Your goal:
Pick out and copy every line below that has the word "hold".

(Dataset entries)
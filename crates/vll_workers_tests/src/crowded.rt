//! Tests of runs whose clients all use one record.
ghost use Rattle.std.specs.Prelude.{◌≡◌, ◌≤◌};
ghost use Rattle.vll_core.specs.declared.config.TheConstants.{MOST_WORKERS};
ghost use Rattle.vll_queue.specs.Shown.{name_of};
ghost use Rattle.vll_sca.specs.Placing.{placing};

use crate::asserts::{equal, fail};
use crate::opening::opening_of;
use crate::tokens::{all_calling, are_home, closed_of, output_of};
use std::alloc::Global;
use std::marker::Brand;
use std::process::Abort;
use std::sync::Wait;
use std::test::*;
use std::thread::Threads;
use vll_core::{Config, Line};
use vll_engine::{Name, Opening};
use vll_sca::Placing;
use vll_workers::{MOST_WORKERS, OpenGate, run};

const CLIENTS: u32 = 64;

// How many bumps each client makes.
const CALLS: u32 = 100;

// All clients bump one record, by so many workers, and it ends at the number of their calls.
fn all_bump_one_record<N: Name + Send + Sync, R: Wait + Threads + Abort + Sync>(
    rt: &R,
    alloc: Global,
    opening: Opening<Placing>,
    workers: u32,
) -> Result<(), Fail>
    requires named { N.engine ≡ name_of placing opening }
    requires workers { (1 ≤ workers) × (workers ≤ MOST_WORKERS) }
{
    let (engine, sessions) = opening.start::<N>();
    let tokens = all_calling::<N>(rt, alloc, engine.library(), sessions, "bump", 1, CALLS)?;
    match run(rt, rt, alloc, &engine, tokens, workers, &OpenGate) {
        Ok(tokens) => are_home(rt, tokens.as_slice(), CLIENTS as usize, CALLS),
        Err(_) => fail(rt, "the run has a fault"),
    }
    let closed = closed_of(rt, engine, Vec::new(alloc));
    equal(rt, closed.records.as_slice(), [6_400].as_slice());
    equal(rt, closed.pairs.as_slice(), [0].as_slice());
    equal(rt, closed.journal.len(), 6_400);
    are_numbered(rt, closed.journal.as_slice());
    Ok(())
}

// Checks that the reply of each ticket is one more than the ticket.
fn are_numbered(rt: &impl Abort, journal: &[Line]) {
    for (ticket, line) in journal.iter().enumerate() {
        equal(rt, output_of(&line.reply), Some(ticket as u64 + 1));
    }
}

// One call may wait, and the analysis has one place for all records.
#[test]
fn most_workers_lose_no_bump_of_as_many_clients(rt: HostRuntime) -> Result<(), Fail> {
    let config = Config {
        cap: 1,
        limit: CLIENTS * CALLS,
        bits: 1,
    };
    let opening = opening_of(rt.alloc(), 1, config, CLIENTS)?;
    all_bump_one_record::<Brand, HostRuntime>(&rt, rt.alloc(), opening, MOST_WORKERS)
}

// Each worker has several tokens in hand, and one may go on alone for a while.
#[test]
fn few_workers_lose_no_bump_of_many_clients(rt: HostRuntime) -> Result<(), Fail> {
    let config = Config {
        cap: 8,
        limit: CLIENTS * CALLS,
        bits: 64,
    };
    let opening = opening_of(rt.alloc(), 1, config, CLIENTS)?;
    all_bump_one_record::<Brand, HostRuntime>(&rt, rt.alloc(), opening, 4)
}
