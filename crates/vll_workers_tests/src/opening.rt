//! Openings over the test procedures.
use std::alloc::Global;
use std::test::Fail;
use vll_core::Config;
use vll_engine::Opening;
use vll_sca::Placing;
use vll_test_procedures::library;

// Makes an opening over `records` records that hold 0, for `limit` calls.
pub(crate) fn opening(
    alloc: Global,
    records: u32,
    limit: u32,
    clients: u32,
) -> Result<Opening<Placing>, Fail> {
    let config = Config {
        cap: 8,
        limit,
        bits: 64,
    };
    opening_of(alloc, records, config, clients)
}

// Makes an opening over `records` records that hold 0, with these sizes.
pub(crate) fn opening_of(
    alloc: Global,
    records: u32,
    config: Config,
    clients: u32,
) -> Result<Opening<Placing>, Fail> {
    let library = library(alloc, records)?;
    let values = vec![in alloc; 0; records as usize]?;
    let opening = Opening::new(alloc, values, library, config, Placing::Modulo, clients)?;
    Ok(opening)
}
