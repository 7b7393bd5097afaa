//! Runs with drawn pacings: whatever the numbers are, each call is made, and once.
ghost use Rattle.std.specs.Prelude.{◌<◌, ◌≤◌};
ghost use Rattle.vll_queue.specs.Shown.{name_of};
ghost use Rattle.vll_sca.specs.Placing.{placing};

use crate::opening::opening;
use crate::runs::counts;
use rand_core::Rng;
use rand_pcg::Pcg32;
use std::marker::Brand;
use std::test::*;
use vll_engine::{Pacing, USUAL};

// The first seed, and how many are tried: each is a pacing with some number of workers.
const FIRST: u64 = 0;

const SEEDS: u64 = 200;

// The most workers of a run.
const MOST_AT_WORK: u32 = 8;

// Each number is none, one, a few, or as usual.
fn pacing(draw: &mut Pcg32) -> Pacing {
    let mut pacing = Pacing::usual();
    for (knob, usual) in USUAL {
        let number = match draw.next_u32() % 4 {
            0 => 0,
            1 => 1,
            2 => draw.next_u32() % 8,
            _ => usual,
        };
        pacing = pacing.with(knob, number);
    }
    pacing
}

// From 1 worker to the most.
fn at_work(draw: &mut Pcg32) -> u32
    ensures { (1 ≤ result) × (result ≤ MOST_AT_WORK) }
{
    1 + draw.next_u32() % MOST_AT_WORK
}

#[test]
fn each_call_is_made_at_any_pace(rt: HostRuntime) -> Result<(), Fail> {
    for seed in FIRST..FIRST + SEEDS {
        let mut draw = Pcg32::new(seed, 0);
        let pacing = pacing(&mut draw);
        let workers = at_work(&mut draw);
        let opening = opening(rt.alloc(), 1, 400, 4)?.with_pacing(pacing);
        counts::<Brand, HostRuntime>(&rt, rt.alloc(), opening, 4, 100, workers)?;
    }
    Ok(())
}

Answer for this exercise:
// Makes an opening over `records` records that hold 0, for `limit` calls.
// Makes an opening over `records` records that hold 0, with these sizes.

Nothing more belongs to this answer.